An editorial in yesterday’s Wall St. Journal argues that philanthropists committed to improving education should give up on donating directly to public schools – Mark Zuckerberg’s Newark grant is the case in point – and, instead, give their money to charter schools or scholarship funds.
Why? Because donations given directly to public agencies are doomed to failure: “Philanthropists will not be able to change education and improve student outcomes unless they can circumvent the bureaucracies and interest groups that are responsible for the problems they hope to solve.” Direct donations to public agencies, write James Piereson and Naomi Schaefer Riley, only reinforce “bureaucratic and political ills that have long plagued public education .”
But are those of us committed to stoking systemic educational change really ready to make that concession? I’m no philanthropist, but my answer is “no.”
Piereson and Riley make a compelling case that people interested in changing American schooling (at least those with deep pockets) should concede defeat. Union resistance is too entrenched. District central offices are too wasteful. Local, state, and federal policies are intractable. Direct donations to districts (they cite not only Newark but also New York City and Chicago) become “a battle of Homeric proportions fought with Lilliputian resources.”
They conclude, “ It was an early sign that two great liberal causes—reform and unionization—could not be reconciled. “
That’s a stunning statement. But I don’t think it’s true. Piereson and Riley’s antipodean construct – reform and unionism as inert antithetical entities immune to change – disregards the fact that both systems are evolving. Circumstances on the ground in 1993, when Walter Annenberg gave $500 million to re-energize public education, are different 22 years later. Those committed to education reform have learned important lessons and “unionism” itself is no longer a by-the-book movement, no dissenters allowed.
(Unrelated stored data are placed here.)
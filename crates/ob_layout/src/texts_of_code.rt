//! Strings of statements that are used as arrays.

ghost use Rattle.std.specs.Prelude.{◌≡◌, ◌++◌, OnOk, IfOk};
ghost use Rattle.std.specs.List.{flat_map};
ghost use Rattle.ob_types.specs.TypedView.{stmt_view, stmts_view, branches_view, cases_view, module_view};
ghost use Rattle.ob_layout.specs.Texts.{texts_of, texts_of_all, texts_of_branches, texts_of_cases, texts_of_module as texts_in};
ghost use Rattle.ob_layout.specs.Used.{used, counted};

use crate::texts::{UsedText, texts_of_expression, texts_of_place};
use ob_tree::List;
use ob_types::{TypedBranch, TypedCase, TypedModule, TypedProcedure, TypedStmt, Types};
use std::alloc::{AllocError, Global};

#[cycle(statements)]
#[tactic(auto, using(crate::proofs::UsedTexts::statements))]
fn texts_in_stmt<T: Types>(
    alloc: Global,
    types: &T,
    out: &mut List<UsedText>,
    s: &TypedStmt,
) -> Result<(), AllocError>
    ensures { OnOk result (used out.new ≡ used out.old ++ texts_of (counted (T.types types.now)) (stmt_view s.now)) }
{
    match s {
        TypedStmt::Assign { target, value, .. } => {
            texts_of_place(alloc, types, out, target)?;
            texts_of_expression(alloc, types, out, value)
        }
        TypedStmt::Call(call) => texts_of_expression(alloc, types, out, call),
        TypedStmt::Update {
            target,
            operand,
            ..
        } => {
            texts_of_place(alloc, types, out, target)?;
            texts_of_expression(alloc, types, out, operand)
        }
        TypedStmt::Copy { source, target, .. } => {
            texts_of_expression(alloc, types, out, source)?;
            texts_of_place(alloc, types, out, target)
        }
        TypedStmt::New { target, .. } => texts_of_place(alloc, types, out, target),
        TypedStmt::NewOpenArray { target, length, .. } => {
            texts_of_place(alloc, types, out, target)?;
            texts_of_expression(alloc, types, out, length)
        }
        TypedStmt::Assert { condition, .. } => texts_of_expression(alloc, types, out, condition),
        TypedStmt::Halt { .. } => Ok(()),
        TypedStmt::If {
            branches,
            otherwise,
        } => {
            texts_in_branches(alloc, types, out, branches.as_slice())?;
            texts_in_body(alloc, types, out, otherwise.as_slice())
        }
        TypedStmt::Case {
            value,
            cases,
            otherwise,
            ..
        } => {
            texts_of_expression(alloc, types, out, value)?;
            texts_in_cases(alloc, types, out, cases.as_slice())?;
            match otherwise {
                None => Ok(()),
                Some(body) => texts_in_body(alloc, types, out, body.as_slice()),
            }
        }
        TypedStmt::While { test, body, .. } => {
            texts_of_expression(alloc, types, out, test)?;
            texts_in_body(alloc, types, out, body.as_slice())
        }
        TypedStmt::Repeat { body, test, .. } => {
            texts_in_body(alloc, types, out, body.as_slice())?;
            texts_of_expression(alloc, types, out, test)
        }
        TypedStmt::For {
            start,
            end,
            body,
            ..
        } => {
            texts_of_expression(alloc, types, out, end)?;
            texts_of_expression(alloc, types, out, start)?;
            texts_in_body(alloc, types, out, body.as_slice())
        }
        TypedStmt::Loop { body, .. } => texts_in_body(alloc, types, out, body.as_slice()),
        TypedStmt::Exit => Ok(()),
        TypedStmt::Return(value) => match value {
            None => Ok(()),
            Some(value) => texts_of_expression(alloc, types, out, value),
        },
        TypedStmt::With {
            branches,
            otherwise,
            ..
        } => {
            texts_in_branches(alloc, types, out, branches.as_slice())?;
            match otherwise {
                None => Ok(()),
                Some(body) => texts_in_body(alloc, types, out, body.as_slice()),
            }
        }
    }
}

#[cycle(statements)]
fn texts_in_body<T: Types>(
    alloc: Global,
    types: &T,
    out: &mut List<UsedText>,
    body: &[TypedStmt],
) -> Result<(), AllocError>
    ensures { OnOk result (used out.new ≡ used out.old ++ texts_of_all (counted (T.types types.now)) (stmts_view body.now)) }
{
    'statements: for s in body {
        texts_in_stmt(alloc, types, out, s)?;
    }
    Ok(())
}

#[cycle(statements)]
fn texts_in_branches<T: Types>(
    alloc: Global,
    types: &T,
    out: &mut List<UsedText>,
    branches: &[TypedBranch],
) -> Result<(), AllocError>
    ensures { OnOk result (used out.new ≡ used out.old ++ texts_of_branches (counted (T.types types.now)) (branches_view branches.now)) }
{
    'branches: for branch in branches {
        texts_of_expression(alloc, types, out, &branch.test)?;
        texts_in_body(alloc, types, out, branch.body.as_slice())?;
    }
    Ok(())
}

#[cycle(statements)]
fn texts_in_cases<T: Types>(
    alloc: Global,
    types: &T,
    out: &mut List<UsedText>,
    cases: &[TypedCase],
) -> Result<(), AllocError>
    ensures { OnOk result (used out.new ≡ used out.old ++ texts_of_cases (counted (T.types types.now)) (cases_view cases.now)) }
{
    'cases: for case in cases {
        texts_in_body(alloc, types, out, case.body.as_slice())?;
    }
    Ok(())
}

fn texts_in_procedure<T: Types>(
    alloc: Global,
    types: &T,
    out: &mut List<UsedText>,
    procedure: &TypedProcedure,
) -> Result<(), AllocError>
    ensures { OnOk result (used out.new ≡ used out.old ++ texts_of_all (counted (T.types types.now)) (stmts_view procedure.now.body)) }
{
    texts_in_body(alloc, types, out, procedure.body.as_slice())
}

fn texts_in_procedures<T: Types>(
    alloc: Global,
    types: &T,
    out: &mut List<UsedText>,
    procedures: &[TypedProcedure],
) -> Result<(), AllocError>
    ensures { OnOk result (used out.new ≡ used out.old ++ flat_map (λ p. texts_of_all (counted (T.types types.now)) (stmts_view p.body)) procedures.now) }
{
    'procedures: for procedure in procedures {
        texts_in_procedure(alloc, types, out, procedure)?;
    }
    Ok(())
}

/// The strings that a module uses as arrays, with their words by the descriptions of types, in the
/// order of the code: those of its body, then those of its procedures.
#[tactic(auto, using(crate::proofs::UsedTexts::procedures_viewed, crate::proofs::UsedTexts::statements))]
pub fn texts_of_module<T: Types>(
    alloc: Global,
    types: &T,
    module: &TypedModule,
) -> Result<List<UsedText>, AllocError>
    ensures { IfOk result (λ us. used us ≡ texts_in (counted (T.types types.now)) (module_view «module».now)) }
{
    let mut out = List::new(alloc);
    texts_in_body(alloc, types, &mut out, module.body.as_slice())?;
    texts_in_procedures(alloc, types, &mut out, module.procedures.as_slice())?;
    Ok(out)
}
A case in point are recent meetings by NEA honchos to endorse Hillary Clinton. A decade ago everyone would toe the line, bend to the will of the Executive Committee. This time the PAC Council vote was hardly unanimous: Mike Antonucci reports that an unusual number of members abstained but if they had voted “no” the endorsement would have garnered a mere 58.17% plurality. At the Board of Directors meeting on Saturday 40 members voted “no” and 8 abstained.
Then there’s the Badass Teachers Association, a caucus within NEA that is fervently campaigning for Bernie Sanders and irate at the way NEA Pres. Lily Eskelson-Garcia manipulated members into doing her bidding. The74 calls it a “rank and file backlash” that sparks “new questions about political divides within the association.”
So America’s major teacher unions, NEA and AFT, aren’t static entities any more. They have their own modulations and internal divisions. And they’re not the only union resources available to teachers anymore.This recent report from Hechinger describes “a growing number of new organizations aimed at amplifying ‘teacher voice’ — but outside of traditional union pathways. The groups go by names likeTeach Plus, Educators 4 Excellence, and Leading Educators, and they offer teachers everything from media training to peer networking opportunities.”
These are not your parents’ unions. These are unions of the new generation. (And we’ll leave out Friedrichs v. California.)
What about that static entity irreconcilable with unions that the authors categorize as “reform?” Are district-wide efforts for systemic change a lost cause? Let’s look at Camden, New Jersey, one of the poorest and most violent cities in the country with one of the worst school systems. There, through a creative reconciliation of apparent opposites – charter schools and district schools – new hybrid renaissance schools are game-changers for children and families. The leadership of Superintendent Paymon Rouhanifard has united teachers, parents, residents, and elected officials (not that there aren’t any dissenters). But the district’s commitment to transparency and outreach has won over many detractors.
Certainly, it’s worthwhile to donate money to scholarship programs and individual charter school operators. That will help some kids right now. But here’s a plea to you philanthropists out there: don’t give up on systemic change either, even if it involves the giant-slaying tasks of circumventing, as the authors say, “bureaucracies and interest groups that are responsible for the problems they hope to solve.” If we give up, we’re giving up on kids, and that’s a concession unlikely to be made by unions, districts, reformers, or anyone who cares about public education.